[[ Given data open ]]

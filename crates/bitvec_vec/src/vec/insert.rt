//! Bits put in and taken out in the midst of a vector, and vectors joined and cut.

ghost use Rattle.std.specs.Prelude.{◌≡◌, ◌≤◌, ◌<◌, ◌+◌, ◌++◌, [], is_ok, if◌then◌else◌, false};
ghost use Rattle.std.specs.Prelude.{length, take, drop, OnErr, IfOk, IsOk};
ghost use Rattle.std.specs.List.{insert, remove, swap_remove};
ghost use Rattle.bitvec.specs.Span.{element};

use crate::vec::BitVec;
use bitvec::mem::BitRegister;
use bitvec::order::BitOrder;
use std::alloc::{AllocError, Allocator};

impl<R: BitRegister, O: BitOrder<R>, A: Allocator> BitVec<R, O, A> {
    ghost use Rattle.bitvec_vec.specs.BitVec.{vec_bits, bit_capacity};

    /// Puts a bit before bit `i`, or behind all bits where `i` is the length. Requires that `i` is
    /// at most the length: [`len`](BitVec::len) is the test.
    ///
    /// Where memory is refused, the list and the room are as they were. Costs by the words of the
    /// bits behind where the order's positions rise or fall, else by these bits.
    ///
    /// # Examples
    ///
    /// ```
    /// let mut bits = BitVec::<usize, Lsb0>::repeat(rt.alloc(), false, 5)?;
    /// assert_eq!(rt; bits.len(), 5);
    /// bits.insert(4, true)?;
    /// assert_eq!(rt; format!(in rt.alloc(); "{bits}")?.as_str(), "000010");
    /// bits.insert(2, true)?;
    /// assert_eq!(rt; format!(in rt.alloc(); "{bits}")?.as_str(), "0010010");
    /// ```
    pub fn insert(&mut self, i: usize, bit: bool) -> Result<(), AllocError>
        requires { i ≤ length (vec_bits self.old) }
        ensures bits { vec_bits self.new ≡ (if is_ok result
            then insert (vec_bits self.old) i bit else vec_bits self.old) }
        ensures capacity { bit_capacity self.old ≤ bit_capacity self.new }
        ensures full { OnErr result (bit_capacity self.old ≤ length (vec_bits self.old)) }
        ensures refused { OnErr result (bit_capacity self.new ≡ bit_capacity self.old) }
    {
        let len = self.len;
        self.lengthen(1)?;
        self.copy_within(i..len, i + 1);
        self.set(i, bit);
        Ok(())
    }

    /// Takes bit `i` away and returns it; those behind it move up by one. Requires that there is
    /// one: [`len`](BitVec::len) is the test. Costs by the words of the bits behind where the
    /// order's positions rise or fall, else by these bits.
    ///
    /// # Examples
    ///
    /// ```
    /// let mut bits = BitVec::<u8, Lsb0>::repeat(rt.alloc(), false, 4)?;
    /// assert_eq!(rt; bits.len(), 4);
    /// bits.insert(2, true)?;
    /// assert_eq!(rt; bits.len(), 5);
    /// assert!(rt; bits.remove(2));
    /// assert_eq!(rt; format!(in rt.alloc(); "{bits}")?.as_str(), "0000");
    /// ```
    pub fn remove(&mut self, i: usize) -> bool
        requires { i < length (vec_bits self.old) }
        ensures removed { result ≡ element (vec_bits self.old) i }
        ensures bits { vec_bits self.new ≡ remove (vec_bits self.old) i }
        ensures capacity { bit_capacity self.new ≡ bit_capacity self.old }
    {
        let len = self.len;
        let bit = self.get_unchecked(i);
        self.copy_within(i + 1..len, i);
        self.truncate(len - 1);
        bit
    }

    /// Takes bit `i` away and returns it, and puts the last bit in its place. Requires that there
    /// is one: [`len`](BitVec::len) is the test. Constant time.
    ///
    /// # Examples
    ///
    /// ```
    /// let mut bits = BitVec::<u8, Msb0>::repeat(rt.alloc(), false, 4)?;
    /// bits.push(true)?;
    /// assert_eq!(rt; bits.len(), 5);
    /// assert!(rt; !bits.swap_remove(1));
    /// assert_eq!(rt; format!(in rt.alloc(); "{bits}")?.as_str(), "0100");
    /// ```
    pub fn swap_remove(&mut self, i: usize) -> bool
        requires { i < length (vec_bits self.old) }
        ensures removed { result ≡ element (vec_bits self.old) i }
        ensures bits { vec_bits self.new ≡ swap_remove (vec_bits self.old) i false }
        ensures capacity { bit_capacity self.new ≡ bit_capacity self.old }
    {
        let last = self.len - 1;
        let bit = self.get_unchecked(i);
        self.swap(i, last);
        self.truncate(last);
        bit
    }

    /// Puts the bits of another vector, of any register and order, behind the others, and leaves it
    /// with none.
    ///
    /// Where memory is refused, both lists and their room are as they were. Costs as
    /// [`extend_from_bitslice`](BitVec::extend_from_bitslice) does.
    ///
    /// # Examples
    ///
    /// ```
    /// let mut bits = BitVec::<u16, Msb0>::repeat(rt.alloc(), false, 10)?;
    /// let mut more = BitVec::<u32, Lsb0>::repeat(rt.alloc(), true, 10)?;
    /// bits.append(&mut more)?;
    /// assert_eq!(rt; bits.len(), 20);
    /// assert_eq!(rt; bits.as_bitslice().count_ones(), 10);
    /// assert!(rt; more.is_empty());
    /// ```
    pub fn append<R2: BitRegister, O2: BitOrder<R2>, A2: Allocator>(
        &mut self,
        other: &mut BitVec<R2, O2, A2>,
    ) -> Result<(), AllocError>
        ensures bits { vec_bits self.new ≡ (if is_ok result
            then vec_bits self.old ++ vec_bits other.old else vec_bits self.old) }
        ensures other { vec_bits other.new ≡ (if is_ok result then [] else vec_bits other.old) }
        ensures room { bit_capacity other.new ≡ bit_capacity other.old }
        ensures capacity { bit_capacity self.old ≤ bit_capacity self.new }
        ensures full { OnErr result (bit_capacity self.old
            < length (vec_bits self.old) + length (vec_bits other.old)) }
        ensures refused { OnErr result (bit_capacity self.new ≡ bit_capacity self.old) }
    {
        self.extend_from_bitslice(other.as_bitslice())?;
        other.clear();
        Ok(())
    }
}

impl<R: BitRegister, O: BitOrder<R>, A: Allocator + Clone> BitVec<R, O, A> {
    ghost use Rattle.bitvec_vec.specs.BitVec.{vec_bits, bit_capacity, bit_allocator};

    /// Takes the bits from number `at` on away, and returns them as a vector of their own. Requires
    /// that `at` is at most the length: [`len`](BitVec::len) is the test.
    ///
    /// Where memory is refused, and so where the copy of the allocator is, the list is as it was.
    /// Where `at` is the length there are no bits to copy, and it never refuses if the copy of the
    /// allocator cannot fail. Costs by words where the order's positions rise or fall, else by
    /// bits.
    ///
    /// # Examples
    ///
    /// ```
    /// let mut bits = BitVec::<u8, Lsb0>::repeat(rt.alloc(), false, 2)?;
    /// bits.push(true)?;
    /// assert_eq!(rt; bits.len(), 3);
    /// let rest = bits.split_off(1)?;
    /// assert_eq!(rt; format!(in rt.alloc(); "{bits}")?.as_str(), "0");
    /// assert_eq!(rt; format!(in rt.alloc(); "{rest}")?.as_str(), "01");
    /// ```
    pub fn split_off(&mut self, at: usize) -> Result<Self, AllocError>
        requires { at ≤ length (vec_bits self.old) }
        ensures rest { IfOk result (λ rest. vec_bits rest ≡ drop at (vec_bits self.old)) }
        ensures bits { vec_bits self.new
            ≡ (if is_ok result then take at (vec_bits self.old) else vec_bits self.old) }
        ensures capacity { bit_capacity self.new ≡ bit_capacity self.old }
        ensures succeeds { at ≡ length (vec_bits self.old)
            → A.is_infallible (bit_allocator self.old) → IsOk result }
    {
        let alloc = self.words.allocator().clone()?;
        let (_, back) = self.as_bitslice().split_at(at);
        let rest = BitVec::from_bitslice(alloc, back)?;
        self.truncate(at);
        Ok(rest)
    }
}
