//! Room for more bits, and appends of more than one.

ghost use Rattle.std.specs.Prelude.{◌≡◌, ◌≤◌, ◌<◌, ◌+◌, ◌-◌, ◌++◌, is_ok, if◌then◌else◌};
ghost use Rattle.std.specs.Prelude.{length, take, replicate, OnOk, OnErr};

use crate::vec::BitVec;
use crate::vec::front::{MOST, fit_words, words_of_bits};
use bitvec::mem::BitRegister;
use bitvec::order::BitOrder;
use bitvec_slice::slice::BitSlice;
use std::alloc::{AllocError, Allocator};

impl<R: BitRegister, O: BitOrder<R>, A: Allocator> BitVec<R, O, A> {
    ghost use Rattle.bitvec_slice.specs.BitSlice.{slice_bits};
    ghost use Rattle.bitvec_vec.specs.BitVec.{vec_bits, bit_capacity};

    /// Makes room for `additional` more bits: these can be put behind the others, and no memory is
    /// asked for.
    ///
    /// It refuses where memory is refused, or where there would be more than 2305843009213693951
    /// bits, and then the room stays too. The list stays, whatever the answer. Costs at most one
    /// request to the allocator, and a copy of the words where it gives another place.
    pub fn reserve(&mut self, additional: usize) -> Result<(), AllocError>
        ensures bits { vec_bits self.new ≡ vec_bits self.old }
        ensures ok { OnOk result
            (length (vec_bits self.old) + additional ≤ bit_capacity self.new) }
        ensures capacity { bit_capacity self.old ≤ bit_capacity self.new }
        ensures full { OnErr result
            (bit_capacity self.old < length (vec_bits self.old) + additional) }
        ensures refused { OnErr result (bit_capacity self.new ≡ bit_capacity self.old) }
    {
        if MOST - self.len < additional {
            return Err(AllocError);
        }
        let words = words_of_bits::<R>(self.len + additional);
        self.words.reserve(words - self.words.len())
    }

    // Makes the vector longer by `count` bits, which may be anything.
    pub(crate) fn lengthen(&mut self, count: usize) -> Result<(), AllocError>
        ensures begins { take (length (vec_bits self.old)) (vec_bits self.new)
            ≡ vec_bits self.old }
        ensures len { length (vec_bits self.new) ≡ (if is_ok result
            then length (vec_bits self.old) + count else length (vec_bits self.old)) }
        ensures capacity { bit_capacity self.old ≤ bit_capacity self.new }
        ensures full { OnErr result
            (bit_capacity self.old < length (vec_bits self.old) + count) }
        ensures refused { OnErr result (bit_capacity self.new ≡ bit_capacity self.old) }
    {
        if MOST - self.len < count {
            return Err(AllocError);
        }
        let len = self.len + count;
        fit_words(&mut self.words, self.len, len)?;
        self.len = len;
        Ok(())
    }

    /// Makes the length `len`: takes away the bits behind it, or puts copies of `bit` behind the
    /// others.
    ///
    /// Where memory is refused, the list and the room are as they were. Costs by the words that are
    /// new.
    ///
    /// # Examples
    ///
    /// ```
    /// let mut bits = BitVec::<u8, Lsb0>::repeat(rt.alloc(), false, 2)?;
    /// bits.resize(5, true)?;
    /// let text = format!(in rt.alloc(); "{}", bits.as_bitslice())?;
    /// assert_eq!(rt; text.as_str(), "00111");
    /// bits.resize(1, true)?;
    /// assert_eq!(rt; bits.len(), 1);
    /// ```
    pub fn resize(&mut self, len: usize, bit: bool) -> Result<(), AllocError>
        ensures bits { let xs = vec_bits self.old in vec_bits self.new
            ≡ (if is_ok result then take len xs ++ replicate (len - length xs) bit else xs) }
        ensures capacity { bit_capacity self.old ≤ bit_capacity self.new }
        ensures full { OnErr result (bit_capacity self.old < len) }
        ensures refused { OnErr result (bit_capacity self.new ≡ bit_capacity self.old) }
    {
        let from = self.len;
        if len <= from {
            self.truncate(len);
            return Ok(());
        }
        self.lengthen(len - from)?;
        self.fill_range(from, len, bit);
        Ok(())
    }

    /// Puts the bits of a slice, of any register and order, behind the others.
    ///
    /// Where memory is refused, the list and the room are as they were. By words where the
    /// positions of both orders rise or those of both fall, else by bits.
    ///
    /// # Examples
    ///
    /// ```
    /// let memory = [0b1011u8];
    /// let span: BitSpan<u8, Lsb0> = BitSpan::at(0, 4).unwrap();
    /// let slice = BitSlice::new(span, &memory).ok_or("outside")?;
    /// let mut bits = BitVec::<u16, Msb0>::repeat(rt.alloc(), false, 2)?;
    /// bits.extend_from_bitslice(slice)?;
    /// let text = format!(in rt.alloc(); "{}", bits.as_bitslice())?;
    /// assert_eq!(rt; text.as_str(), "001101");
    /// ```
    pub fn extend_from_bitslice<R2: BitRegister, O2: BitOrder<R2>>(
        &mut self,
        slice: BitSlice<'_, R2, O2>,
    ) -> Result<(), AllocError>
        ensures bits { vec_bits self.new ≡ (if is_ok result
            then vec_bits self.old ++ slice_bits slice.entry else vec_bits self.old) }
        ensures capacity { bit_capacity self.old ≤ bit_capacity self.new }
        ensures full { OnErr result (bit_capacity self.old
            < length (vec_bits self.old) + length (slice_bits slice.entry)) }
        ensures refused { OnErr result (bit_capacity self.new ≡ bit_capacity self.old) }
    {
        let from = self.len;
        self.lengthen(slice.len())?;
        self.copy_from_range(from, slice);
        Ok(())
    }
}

[[ Given data closed ]]
[[ Given data open ]]

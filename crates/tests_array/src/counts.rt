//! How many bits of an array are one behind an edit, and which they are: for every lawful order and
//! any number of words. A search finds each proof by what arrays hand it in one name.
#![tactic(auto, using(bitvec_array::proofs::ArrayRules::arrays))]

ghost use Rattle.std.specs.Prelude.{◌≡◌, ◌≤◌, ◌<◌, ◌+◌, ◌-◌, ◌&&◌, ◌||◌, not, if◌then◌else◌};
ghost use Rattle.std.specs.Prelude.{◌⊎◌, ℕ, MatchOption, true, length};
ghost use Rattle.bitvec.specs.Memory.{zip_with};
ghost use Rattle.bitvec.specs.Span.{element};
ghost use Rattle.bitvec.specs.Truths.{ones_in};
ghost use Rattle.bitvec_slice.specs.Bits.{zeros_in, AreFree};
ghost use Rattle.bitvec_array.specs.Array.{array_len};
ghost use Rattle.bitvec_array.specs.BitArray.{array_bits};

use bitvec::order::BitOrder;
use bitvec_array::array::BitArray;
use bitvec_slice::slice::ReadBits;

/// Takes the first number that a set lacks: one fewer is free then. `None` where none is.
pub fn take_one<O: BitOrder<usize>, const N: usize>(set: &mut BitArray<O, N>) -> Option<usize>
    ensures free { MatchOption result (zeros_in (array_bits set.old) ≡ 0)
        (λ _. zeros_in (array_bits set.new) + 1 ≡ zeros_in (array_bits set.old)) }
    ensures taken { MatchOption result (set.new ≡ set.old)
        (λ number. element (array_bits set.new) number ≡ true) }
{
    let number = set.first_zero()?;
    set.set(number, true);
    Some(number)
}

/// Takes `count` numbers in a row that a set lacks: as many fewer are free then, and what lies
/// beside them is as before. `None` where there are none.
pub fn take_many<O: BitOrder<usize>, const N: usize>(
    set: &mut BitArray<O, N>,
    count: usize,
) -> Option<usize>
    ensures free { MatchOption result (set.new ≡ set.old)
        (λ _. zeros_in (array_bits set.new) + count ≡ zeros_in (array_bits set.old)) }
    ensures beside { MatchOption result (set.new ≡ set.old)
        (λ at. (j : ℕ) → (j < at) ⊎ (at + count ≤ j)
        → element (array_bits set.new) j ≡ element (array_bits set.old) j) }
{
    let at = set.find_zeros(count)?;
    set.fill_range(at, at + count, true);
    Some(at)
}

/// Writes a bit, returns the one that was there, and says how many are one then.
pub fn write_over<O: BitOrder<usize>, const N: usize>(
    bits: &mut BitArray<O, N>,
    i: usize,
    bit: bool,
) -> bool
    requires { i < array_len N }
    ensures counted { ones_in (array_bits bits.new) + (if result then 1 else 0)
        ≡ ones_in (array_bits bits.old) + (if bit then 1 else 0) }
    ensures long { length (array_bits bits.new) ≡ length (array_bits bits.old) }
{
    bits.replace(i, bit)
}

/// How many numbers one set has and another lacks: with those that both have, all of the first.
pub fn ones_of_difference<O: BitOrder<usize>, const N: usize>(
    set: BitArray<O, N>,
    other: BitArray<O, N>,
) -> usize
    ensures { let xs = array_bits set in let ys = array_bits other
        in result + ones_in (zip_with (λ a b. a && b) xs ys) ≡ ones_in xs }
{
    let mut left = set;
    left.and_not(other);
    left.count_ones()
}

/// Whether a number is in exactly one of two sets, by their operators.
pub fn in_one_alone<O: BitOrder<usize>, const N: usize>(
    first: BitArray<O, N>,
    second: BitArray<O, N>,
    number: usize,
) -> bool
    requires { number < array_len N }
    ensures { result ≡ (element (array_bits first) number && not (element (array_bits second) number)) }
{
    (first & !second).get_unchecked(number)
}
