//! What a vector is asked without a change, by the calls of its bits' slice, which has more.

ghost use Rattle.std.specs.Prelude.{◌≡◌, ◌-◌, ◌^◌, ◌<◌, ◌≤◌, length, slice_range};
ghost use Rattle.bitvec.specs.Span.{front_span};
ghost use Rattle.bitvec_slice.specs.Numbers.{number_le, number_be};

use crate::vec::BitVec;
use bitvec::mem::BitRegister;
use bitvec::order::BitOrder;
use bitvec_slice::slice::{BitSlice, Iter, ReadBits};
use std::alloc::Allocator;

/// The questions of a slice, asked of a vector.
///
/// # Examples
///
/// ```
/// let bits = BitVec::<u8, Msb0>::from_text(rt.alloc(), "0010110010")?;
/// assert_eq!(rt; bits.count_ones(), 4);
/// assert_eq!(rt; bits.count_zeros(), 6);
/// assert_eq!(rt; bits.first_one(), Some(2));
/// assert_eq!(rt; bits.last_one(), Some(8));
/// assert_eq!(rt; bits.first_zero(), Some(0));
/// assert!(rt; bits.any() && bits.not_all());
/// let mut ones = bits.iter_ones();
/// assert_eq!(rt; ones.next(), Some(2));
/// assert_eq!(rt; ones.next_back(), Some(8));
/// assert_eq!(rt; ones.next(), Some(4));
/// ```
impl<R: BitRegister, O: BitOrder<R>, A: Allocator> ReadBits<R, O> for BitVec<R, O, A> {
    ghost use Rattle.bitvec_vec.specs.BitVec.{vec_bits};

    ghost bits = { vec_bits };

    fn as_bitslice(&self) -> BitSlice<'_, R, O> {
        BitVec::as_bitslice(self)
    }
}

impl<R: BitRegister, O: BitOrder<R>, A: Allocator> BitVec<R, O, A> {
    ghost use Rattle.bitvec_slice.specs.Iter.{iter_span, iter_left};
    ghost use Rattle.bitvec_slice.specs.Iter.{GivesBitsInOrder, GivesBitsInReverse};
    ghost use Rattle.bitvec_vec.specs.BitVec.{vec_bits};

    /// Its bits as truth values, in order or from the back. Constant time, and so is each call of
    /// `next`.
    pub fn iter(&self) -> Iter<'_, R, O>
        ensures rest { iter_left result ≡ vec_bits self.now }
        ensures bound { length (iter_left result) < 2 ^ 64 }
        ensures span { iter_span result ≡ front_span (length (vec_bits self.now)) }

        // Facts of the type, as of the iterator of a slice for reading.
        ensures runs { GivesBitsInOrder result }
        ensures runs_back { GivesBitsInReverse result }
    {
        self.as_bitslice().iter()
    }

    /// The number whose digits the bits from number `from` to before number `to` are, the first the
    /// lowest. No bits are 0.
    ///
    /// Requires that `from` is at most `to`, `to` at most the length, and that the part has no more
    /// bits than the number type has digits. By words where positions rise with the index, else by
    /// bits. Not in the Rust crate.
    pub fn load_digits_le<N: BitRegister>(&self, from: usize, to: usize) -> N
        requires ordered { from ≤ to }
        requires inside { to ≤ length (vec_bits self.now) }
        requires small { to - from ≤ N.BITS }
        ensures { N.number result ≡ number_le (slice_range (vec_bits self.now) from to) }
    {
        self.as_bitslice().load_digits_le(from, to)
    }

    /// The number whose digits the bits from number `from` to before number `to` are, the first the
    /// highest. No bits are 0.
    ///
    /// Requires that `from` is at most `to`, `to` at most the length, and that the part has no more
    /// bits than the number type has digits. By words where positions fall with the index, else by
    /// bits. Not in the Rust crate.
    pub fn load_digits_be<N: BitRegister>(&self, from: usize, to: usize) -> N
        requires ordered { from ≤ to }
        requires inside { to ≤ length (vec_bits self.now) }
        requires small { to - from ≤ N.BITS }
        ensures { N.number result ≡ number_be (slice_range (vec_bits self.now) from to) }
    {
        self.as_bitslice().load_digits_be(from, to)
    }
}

[[ Given data closed ]]
[[ Given data open ]]

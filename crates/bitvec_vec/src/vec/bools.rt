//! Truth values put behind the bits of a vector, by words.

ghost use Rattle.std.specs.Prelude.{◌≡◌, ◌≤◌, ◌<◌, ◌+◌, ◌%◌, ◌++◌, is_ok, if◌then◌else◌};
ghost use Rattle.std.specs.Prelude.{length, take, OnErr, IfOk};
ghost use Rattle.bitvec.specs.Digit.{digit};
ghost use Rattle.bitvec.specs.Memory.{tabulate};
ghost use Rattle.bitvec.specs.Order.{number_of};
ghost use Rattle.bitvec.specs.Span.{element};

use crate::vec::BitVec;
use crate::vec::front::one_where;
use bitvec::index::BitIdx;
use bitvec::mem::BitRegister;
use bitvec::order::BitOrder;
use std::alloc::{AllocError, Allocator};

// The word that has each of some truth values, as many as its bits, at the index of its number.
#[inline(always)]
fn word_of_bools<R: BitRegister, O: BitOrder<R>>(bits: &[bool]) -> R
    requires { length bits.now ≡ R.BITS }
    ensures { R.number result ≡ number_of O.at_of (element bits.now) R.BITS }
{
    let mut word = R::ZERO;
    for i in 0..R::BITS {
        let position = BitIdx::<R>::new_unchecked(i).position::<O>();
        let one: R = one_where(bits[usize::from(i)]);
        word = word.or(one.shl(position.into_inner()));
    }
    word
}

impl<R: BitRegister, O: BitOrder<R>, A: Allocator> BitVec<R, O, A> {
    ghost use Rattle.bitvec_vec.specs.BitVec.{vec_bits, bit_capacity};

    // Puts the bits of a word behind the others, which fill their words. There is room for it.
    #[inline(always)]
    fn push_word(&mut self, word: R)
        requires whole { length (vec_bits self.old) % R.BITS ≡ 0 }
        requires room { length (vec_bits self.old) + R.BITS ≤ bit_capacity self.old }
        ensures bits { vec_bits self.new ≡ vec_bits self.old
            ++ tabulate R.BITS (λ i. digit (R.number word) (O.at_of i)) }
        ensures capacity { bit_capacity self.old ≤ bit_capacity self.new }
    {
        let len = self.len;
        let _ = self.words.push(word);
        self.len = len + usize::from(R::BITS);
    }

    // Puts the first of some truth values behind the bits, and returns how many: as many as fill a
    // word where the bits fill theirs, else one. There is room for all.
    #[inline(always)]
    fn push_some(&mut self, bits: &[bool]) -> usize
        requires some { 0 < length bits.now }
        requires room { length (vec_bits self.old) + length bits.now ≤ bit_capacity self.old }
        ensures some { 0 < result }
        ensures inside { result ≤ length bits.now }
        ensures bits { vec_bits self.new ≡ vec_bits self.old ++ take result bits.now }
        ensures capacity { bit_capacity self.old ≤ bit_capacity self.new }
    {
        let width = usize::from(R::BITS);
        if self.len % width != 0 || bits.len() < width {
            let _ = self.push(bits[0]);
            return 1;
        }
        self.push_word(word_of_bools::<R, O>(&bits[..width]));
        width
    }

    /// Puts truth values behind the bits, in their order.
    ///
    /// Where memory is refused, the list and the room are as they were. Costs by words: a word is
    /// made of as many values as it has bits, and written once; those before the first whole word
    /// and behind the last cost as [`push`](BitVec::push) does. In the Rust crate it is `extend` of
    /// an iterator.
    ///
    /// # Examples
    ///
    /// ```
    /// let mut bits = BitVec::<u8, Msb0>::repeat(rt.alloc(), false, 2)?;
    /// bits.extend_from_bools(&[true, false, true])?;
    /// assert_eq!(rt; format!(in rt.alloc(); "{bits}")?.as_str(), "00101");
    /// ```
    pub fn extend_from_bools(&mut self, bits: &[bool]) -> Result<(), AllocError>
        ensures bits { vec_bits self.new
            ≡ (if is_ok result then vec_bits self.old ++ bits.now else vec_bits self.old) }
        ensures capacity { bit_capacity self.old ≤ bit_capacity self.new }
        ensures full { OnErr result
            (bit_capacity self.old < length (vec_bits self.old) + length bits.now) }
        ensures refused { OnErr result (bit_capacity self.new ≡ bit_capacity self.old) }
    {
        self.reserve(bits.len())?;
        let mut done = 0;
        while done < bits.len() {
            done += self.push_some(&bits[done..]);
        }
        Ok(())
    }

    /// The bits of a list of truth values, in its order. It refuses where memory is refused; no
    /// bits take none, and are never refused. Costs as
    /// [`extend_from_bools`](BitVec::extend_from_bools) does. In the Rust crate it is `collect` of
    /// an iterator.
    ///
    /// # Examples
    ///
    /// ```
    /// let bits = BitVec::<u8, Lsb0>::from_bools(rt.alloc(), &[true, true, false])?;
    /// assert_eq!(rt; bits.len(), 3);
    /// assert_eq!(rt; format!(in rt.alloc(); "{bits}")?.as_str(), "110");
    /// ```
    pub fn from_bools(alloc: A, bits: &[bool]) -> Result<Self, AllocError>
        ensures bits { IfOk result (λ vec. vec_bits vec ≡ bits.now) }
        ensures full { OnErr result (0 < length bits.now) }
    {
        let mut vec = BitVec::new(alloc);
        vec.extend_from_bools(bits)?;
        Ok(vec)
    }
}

[[ Given data closed ]]

## What to do
Exactly one number should be given, showing how many lines of the material above contain the string "IsOk".

## Output below
2